§ **Exercise brief**
Set down the lines of the data exactly, starting at the first and stopping after the line containing "if let Some(found)".

-- Task material follows --

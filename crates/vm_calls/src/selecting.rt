//! The selection of methods (JVMS 5.4.6 and 6.5), by a look through the classes above.

ghost use Rattle.std.specs.Prelude.{◌≡◌, ◌++◌, [], IfOk, OnOk, filter, flat_map, nat_eq};
ghost use Rattle.indexmap.specs.IndexSet.{insert_all};
ghost use Rattle.jvm_model.specs.{Classes.class_at, Classes.upwards_in, Selection.declared_in, Selection.special_path, Selection.is_open_like};
ghost use Rattle.jvm_model.specs.Selection as selection;
ghost use Rattle.member_lookup.specs.Walks.{is_kept};
ghost use Rattle.vm_calls.specs.Choices.{above_of, declared_by, is_wanted, searched, selected_of, special_from};

use crate::choice::Choice;
use et_base::{Items, NoMemory};
use indexmap::IndexSet;
use jvm_model::{
    ABSTRACT_METHOD_ERROR, INCOMPATIBLE_CLASS_CHANGE_ERROR, OBJECT, Program, class_bound,
};
use std::alloc::Global;
use vm_tables::Tables;

/// Whether a method is an instance method of another's name and descriptor, private ones only where asked.
fn is_wanted(p: &Program, privates: bool, method: u32, other: u32) -> bool
    ensures { result ≡ is_wanted p.now privates method other }
{
    (privates || !p.is_private_method(other))
        && (!p.is_static_method(other)
            && (p.method_name(other) == p.method_name(method)
                && p.method_descriptor(other) == p.method_descriptor(method)))
}

/// The first such method that a class declares.
fn declared_by(p: &Program, privates: bool, method: u32, class: u32) -> Option<u32>
    ensures { result ≡ declared_by p.now privates method class }
{
    p.class_methods(class)
        .iter()
        .copied()
        .find(|other| is_wanted(p, privates, method, *other))
}

/// The first such method of a class and those above it, at most so many steps up.
#[tactic(auto, using(crate::proofs::Choosing::declared_here, crate::proofs::Choosing::declared_last, crate::proofs::Choosing::declared_next))]
fn declared_upwards(p: &Program, privates: bool, method: u32, steps: u32, class: u32) -> Option<u32>
    ensures { result ≡ declared_in p.now (λ n. is_wanted p.now privates method n) (upwards_in p.now steps class) }
{
    if steps == 0 {
        return None;
    }
    if let Some(found) = declared_by(p, privates, method, class) {
        return Some(found);
    }
    match p.superclass(class) {
        None => None,
        Some(above) => declared_upwards(p, privates, method, steps - 1, above),
    }
}

/// The first such method from a class upwards; from an interface, Object after it.
#[tactic(auto, using(crate::proofs::Choosing::special_both, crate::proofs::Choosing::special_up))]
fn declared_special(p: &Program, method: u32, class: u32) -> Option<u32>
    ensures { result ≡ declared_in p.now (λ n. selection.is_like p.now method n) (special_path p.now class) }
{
    if p.is_interface(class) {
        declared_by(p, true, method, class).or(declared_by(p, true, method, OBJECT))
    } else {
        declared_upwards(p, true, method, class_bound(), class)
    }
}

/// Appends the methods of another's name and descriptor that a class declares, neither static nor private.
fn push_open(p: &Program, method: u32, class: u32, found: &mut Items<u32>) -> Result<(), NoMemory>
    ensures { OnOk result (found.new ≡ found.old ++ filter (λ n. is_open_like p.now method n) (class_at p.now class).methods) }
{
    for other in p.class_methods(class) {
        if is_wanted(p, false, method, *other) {
            found.push(*other)?;
        }
    }
    Ok(())
}

/// Those that these interfaces declare.
fn open_in(
    alloc: Global,
    p: &Program,
    method: u32,
    interfaces: &[u32],
) -> Result<Items<u32>, NoMemory>
    ensures { IfOk result (λ found. found ≡ flat_map (λ i. filter (λ n. is_open_like p.now method n) (class_at p.now i).methods) interfaces.now) }
{
    let mut found = Items::new(alloc);
    for interface in interfaces {
        push_open(p, method, *interface, &mut found)?;
    }
    Ok(found)
}

/// Notes numbers that aren't noted yet.
fn note_all(noted: &mut IndexSet<u32>, numbers: &[u32]) -> Result<(), NoMemory>
    ensures { OnOk result (noted.new.keys ≡ insert_all nat_eq noted.old.keys numbers.now) }
{
    for number in numbers {
        noted.insert(*number)?;
    }
    Ok(())
}

/// The interfaces above those that declare these methods.
fn above_methods(alloc: Global, tables: &Tables, methods: &[u32]) -> Result<IndexSet<u32>, NoMemory>
    ensures { IfOk result (λ above. above.keys ≡ insert_all nat_eq [] (flat_map (λ n. above_of tables.now n) methods.now)) }
{
    let p = tables.program();
    let mut above = IndexSet::new(alloc);
    for method in methods {
        note_all(&mut above, tables.own_interfaces(p.method_class(*method)))?;
    }
    Ok(above)
}

/// Whether a method has code and none of these interfaces declares it.
fn is_kept(p: &Program, above: &IndexSet<u32>, method: u32) -> bool
    ensures { result ≡ is_kept p.now above.now.keys method }
{
    !above.contains(&p.method_class(method)) && p.has_code(method)
}

/// Of these methods those.
fn kept_among(
    alloc: Global,
    p: &Program,
    above: &IndexSet<u32>,
    methods: &[u32],
) -> Result<Items<u32>, NoMemory>
    ensures { IfOk result (λ kept. kept ≡ filter (λ n. is_kept p.now above.now.keys n) methods.now) }
{
    let mut kept = Items::new(alloc);
    for method in methods {
        if is_kept(p, above, *method) {
            kept.push(*method)?;
        }
    }
    Ok(kept)
}

/// Of these methods those with code that no interface above another of them declares.
fn kept_methods(alloc: Global, tables: &Tables, methods: &[u32]) -> Result<Items<u32>, NoMemory>
    ensures { IfOk result (λ kept. kept ≡ filter (λ n. is_kept tables.now (insert_all nat_eq [] (flat_map (λ m. above_of tables.now m) methods.now)) n) methods.now) }
{
    let above = above_methods(alloc, tables, methods)?;
    let kept = kept_among(alloc, tables.program(), &above, methods);
    drop(above);
    kept
}

/// The one of the kept methods with code.
fn one_with_code(kept: &[u32]) -> Choice
    ensures { selected_of result ≡ selection.one_with_code kept.now }
{
    match kept {
        [] => Choice::Failing {
            class: ABSTRACT_METHOD_ERROR,
        },
        [method] => Choice::Chosen { method: *method },
        [_, _, ..] => Choice::Failing {
            class: INCOMPATIBLE_CLASS_CHANGE_ERROR,
        },
    }
}

/// The rule of kept methods at a class or interface: of the methods that its superinterfaces declare, those that no
/// subinterface among them redeclares, and of these the one with code.
#[tactic(auto, using(crate::proofs::Choosing::kept_is), unfolding(jvm_model::specs::Selection::kept_method))]
fn kept_method(alloc: Global, tables: &Tables, method: u32, class: u32) -> Result<Choice, NoMemory>
    ensures { IfOk result (λ x. selected_of x ≡ selection.kept_method tables.now method class) }
{
    let found = open_in(alloc, tables.program(), method, tables.interfaces(class))?;
    let kept = kept_methods(alloc, tables, found.as_slice())?;
    Ok(one_with_code(kept.as_slice()))
}

/// This method, or the rule of kept methods.
fn or_kept(
    alloc: Global,
    tables: &Tables,
    method: u32,
    class: u32,
    found: Option<u32>,
) -> Result<Choice, NoMemory>
    ensures { IfOk result (λ x. selected_of x ≡ selection.or_kept tables.now method class found) }
{
    match found {
        None => kept_method(alloc, tables, method, class),
        Some(method) => Ok(Choice::Chosen { method }),
    }
}

/// What invokevirtual and invokeinterface select on an instance of a class.
#[tactic(auto, unfolding(jvm_model::specs::Selection::select))]
fn select(alloc: Global, tables: &Tables, method: u32, class: u32) -> Result<Choice, NoMemory>
    ensures { IfOk result (λ x. selected_of x ≡ selection.select tables.now method class) }
{
    let p = tables.program();
    let found = declared_upwards(p, false, method, class_bound(), class);
    or_kept(alloc, tables, method, class, found)
}

/// What invokespecial selects that starts at a class.
fn select_from(alloc: Global, tables: &Tables, method: u32, class: u32) -> Result<Choice, NoMemory>
    ensures { IfOk result (λ x. selected_of x ≡ special_from tables.now method class) }
{
    if tables.is_initialiser(method) {
        return Ok(Choice::Chosen { method });
    }
    let found = declared_special(tables.program(), method, class);
    or_kept(alloc, tables, method, class, found)
}

/// What a call of a method selects at a class: invokespecial, or else invokevirtual and invokeinterface.
pub(crate) fn search(
    alloc: Global,
    tables: &Tables,
    special: bool,
    method: u32,
    class: u32,
) -> Result<Choice, NoMemory>
    ensures { IfOk result (λ x. selected_of x ≡ searched tables.now special method class) }
{
    if special {
        select_from(alloc, tables, method, class)
    } else {
        select(alloc, tables, method, class)
    }
}
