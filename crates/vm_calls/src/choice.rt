//! What a call enters.

/// The method that a call enters, or the class of the error that it throws.
#[derive(Clone, Copy, PartialEq, Eq)]
pub enum Choice {
    Chosen { method: u32 },
    Failing { class: u32 },
}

-- Task material concluded --

§ **Task solution**
filename crates/vm_calls/src/selecting.rt
//! The selection of methods (JVMS 5.4.6 and 6.5), by a look through the classes above.

ghost use Rattle.std.specs.Prelude.{◌≡◌, ◌++◌, [], IfOk, OnOk, filter, flat_map, nat_eq};
ghost use Rattle.indexmap.specs.IndexSet.{insert_all};
ghost use Rattle.jvm_model.specs.{Classes.class_at, Classes.upwards_in, Selection.declared_in, Selection.special_path, Selection.is_open_like};
ghost use Rattle.jvm_model.specs.Selection as selection;
ghost use Rattle.member_lookup.specs.Walks.{is_kept};
ghost use Rattle.vm_calls.specs.Choices.{above_of, declared_by, is_wanted, searched, selected_of, special_from};

use crate::choice::Choice;
use et_base::{Items, NoMemory};
use indexmap::IndexSet;
use jvm_model::{
    ABSTRACT_METHOD_ERROR, INCOMPATIBLE_CLASS_CHANGE_ERROR, OBJECT, Program, class_bound,
};
use std::alloc::Global;
use vm_tables::Tables;

/// Whether a method is an instance method of another's name and descriptor, private ones only where asked.
fn is_wanted(p: &Program, privates: bool, method: u32, other: u32) -> bool
    ensures { result ≡ is_wanted p.now privates method other }
{
    (privates || !p.is_private_method(other))
        && (!p.is_static_method(other)
            && (p.method_name(other) == p.method_name(method)
                && p.method_descriptor(other) == p.method_descriptor(method)))
}

/// The first such method that a class declares.
fn declared_by(p: &Program, privates: bool, method: u32, class: u32) -> Option<u32>
    ensures { result ≡ declared_by p.now privates method class }
{
    p.class_methods(class)
        .iter()
        .copied()
        .find(|other| is_wanted(p, privates, method, *other))
}

/// The first such method of a class and those above it, at most so many steps up.
#[tactic(auto, using(crate::proofs::Choosing::declared_here, crate::proofs::Choosing::declared_last, crate::proofs::Choosing::declared_next))]
fn declared_upwards(p: &Program, privates: bool, method: u32, steps: u32, class: u32) -> Option<u32>
    ensures { result ≡ declared_in p.now (λ n. is_wanted p.now privates method n) (upwards_in p.now steps class) }
{
    if steps == 0 {
        return None;
    }
    if let Some(found) = declared_by(p, privates, method, class) {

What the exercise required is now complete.